What you will do: Reproduce each line of the entries that carries "return".

- - -

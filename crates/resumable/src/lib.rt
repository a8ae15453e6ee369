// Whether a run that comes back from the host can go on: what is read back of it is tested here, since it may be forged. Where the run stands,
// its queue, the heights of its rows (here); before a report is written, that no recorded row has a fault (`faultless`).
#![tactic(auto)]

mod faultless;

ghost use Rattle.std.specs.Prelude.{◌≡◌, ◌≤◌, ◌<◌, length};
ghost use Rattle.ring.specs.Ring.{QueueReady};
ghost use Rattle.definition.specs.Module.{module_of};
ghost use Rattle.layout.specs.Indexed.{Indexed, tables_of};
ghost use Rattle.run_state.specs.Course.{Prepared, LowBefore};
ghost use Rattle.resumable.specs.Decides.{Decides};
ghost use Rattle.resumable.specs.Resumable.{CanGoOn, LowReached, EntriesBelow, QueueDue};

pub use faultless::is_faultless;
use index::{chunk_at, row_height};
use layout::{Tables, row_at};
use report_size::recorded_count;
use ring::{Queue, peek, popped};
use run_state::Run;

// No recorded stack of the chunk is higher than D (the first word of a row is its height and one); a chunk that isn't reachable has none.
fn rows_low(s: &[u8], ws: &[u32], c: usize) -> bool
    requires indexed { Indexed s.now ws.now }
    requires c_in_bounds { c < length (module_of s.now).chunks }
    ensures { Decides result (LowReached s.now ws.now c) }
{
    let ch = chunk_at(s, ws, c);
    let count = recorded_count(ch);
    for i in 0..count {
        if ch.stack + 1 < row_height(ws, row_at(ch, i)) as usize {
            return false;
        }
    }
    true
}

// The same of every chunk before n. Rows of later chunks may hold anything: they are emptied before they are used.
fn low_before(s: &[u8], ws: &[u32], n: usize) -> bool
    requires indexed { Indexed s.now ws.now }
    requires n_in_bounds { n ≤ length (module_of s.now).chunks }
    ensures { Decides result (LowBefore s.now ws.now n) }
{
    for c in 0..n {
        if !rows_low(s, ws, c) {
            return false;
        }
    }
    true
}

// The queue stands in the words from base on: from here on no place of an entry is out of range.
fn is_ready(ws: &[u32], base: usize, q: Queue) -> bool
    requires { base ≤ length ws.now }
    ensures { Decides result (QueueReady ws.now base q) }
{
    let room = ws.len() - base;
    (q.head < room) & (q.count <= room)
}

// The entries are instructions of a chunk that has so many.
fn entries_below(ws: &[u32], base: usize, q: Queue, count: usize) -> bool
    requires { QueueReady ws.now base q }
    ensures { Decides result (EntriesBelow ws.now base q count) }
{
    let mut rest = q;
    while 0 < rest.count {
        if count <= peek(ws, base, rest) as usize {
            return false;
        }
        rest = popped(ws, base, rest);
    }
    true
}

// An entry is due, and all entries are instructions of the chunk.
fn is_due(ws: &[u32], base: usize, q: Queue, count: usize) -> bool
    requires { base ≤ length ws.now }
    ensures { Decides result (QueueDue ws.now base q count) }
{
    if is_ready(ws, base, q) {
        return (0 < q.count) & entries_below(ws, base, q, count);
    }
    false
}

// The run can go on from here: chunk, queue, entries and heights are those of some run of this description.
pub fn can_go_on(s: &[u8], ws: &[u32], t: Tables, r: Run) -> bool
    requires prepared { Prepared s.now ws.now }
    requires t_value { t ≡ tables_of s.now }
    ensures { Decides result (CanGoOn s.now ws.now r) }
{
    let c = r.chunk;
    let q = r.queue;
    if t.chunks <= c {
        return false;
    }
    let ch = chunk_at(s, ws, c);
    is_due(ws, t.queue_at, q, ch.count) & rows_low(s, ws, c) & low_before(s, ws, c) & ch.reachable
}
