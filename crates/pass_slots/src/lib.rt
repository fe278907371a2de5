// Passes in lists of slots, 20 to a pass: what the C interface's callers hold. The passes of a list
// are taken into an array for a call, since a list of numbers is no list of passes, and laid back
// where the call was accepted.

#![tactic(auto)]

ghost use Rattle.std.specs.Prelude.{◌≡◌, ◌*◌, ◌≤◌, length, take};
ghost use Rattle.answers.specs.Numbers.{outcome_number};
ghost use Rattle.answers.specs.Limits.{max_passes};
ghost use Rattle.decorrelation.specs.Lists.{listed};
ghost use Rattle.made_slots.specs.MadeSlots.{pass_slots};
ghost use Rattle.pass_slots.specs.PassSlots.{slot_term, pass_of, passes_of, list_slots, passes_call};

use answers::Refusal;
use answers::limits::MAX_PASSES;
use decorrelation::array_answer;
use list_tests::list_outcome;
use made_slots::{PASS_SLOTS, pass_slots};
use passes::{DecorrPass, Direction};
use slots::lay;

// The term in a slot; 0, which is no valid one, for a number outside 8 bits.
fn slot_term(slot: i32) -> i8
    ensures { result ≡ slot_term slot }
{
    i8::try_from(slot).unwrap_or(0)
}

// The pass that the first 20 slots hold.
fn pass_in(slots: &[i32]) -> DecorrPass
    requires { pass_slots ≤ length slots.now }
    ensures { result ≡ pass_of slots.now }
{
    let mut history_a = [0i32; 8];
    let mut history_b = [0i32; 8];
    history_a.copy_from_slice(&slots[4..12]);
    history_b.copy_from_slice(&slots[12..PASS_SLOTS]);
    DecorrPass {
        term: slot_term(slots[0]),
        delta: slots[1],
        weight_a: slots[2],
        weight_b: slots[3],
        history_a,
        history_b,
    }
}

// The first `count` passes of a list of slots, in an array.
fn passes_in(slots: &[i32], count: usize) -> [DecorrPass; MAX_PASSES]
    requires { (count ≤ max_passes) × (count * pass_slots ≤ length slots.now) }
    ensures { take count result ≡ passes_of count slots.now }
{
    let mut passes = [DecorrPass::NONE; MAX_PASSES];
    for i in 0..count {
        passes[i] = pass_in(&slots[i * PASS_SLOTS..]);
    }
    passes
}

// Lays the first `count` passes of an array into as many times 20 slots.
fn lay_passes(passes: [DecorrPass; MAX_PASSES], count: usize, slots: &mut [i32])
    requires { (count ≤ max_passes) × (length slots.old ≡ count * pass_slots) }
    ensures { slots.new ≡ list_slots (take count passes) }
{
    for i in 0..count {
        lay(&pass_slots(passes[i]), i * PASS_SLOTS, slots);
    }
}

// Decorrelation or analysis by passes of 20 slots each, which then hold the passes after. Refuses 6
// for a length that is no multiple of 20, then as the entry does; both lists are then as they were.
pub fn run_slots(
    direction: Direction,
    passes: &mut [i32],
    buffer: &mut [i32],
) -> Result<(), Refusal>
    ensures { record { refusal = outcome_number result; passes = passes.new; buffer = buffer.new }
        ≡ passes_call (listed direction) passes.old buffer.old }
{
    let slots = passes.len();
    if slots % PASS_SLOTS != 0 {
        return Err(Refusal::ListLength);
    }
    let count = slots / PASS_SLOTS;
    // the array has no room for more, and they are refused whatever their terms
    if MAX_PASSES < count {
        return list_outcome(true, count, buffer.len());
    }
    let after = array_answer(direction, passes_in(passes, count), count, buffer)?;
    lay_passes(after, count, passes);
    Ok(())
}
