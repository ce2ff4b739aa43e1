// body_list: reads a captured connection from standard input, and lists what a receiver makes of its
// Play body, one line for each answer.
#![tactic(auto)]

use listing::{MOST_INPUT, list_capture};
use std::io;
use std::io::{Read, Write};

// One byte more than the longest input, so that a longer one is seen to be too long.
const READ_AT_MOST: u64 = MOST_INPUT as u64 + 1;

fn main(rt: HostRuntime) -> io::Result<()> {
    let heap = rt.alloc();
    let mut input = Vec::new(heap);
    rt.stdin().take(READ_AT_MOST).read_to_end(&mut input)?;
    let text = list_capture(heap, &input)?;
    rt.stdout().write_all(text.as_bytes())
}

- - -

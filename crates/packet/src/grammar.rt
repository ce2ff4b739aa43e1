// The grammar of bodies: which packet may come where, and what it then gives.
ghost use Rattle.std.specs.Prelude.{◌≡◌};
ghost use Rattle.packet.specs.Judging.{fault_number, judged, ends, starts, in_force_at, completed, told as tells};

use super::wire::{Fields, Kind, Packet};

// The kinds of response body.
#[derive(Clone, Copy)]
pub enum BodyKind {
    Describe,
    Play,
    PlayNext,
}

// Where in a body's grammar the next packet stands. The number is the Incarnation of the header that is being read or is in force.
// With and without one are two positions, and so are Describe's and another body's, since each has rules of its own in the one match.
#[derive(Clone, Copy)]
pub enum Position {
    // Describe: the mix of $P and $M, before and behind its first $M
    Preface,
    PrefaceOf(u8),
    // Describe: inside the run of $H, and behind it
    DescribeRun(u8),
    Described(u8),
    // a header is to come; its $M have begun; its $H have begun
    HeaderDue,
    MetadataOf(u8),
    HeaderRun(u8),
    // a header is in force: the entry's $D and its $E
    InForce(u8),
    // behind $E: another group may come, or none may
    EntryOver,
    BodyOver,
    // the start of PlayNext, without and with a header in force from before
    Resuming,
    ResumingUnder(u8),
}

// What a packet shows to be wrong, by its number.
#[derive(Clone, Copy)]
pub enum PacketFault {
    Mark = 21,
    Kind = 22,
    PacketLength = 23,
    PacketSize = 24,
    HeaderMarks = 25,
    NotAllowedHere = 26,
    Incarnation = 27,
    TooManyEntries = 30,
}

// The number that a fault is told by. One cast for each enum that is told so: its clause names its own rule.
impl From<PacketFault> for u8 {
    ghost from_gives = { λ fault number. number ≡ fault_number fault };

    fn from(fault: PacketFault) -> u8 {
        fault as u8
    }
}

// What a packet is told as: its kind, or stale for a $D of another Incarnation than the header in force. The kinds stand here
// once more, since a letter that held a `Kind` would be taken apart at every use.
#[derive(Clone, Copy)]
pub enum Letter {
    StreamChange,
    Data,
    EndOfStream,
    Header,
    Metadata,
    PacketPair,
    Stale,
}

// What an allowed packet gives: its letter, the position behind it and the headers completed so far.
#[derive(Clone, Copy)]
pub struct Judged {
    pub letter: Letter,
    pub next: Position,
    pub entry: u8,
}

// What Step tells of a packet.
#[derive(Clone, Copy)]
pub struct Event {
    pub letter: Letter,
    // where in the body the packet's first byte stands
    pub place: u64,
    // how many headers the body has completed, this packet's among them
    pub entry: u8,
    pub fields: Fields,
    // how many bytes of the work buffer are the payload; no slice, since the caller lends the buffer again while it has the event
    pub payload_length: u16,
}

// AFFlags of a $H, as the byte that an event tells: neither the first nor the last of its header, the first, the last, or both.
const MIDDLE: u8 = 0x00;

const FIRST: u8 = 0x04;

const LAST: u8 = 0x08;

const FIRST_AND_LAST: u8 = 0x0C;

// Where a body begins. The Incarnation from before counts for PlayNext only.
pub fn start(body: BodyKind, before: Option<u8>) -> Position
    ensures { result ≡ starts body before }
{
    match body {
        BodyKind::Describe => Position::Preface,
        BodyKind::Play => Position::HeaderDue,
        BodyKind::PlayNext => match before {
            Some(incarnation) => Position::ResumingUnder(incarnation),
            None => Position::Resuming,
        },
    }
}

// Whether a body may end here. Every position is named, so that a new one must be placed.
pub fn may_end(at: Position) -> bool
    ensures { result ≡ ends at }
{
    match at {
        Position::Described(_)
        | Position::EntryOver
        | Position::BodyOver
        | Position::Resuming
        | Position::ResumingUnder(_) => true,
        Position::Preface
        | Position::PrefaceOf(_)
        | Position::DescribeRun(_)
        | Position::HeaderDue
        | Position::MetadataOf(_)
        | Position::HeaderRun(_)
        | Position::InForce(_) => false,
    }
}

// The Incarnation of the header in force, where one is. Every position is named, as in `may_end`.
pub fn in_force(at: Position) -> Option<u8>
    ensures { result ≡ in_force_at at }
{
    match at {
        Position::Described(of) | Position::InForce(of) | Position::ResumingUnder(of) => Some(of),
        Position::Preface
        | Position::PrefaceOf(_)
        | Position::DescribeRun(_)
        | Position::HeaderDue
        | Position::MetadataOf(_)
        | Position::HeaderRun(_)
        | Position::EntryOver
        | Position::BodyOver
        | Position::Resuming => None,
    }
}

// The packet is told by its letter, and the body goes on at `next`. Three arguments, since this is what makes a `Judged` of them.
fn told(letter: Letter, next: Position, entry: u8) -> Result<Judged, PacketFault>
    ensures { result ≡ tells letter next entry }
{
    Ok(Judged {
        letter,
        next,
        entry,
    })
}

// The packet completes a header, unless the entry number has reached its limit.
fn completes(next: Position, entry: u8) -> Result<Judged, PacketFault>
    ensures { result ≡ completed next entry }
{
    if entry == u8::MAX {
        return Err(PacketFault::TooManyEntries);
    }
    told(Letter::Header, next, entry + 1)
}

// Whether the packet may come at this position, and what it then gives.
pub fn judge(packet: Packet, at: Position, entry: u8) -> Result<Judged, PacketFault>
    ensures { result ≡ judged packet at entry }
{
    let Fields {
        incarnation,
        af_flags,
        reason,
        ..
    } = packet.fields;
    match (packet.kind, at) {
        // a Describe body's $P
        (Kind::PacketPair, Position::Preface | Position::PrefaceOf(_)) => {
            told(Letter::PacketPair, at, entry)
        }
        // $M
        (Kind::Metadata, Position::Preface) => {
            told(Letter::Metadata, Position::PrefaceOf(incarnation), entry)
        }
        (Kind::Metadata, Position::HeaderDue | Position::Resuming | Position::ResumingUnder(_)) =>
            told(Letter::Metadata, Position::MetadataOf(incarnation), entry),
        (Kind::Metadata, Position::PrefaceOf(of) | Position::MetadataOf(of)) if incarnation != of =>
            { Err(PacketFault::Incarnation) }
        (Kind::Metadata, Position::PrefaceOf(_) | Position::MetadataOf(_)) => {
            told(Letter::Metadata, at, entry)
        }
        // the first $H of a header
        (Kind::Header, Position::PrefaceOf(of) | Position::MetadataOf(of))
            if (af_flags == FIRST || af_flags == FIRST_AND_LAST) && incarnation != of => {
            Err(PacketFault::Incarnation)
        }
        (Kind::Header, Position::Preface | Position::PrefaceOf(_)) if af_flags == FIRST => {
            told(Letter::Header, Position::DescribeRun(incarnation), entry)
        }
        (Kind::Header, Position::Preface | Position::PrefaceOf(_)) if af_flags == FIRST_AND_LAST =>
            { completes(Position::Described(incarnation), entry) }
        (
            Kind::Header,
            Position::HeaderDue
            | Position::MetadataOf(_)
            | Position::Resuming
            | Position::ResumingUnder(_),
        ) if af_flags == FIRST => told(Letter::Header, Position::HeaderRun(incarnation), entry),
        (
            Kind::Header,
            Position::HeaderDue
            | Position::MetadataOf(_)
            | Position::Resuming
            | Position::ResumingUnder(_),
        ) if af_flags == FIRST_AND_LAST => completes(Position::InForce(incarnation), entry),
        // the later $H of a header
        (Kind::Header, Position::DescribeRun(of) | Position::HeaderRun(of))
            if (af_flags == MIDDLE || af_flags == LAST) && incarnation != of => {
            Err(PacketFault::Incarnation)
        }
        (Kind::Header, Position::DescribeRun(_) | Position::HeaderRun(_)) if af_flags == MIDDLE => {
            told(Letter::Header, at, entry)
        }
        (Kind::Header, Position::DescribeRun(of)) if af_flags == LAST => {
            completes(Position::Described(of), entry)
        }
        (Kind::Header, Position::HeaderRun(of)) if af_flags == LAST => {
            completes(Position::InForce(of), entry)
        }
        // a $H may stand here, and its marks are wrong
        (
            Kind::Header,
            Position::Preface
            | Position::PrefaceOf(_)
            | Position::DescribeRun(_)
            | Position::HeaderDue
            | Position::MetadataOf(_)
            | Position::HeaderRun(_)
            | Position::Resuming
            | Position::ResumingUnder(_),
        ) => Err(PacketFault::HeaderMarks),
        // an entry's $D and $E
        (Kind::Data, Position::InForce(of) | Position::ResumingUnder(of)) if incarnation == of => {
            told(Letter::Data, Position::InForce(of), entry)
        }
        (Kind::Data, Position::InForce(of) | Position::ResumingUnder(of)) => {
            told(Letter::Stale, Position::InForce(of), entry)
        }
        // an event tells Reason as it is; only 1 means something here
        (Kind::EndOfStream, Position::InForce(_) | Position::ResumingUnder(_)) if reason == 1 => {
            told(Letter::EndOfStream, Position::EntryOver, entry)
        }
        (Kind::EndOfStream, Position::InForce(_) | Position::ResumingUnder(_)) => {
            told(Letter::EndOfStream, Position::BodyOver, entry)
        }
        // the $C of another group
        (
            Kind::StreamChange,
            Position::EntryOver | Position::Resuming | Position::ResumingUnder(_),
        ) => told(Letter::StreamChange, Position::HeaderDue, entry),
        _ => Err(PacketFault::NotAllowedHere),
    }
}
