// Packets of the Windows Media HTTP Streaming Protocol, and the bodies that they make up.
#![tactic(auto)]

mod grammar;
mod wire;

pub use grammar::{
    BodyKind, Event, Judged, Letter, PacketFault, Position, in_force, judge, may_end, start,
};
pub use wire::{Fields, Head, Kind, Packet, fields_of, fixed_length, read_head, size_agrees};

- - -

Response below:
            return false;
            return false;
            return false;
        return (0 < q.count) & entries_below(ws, base, q, count);
        return false;
        return Err(Refusal::ListLength);
        return list_outcome(true, count, buffer.len());
        return Err(PacketFault::TooManyEntries);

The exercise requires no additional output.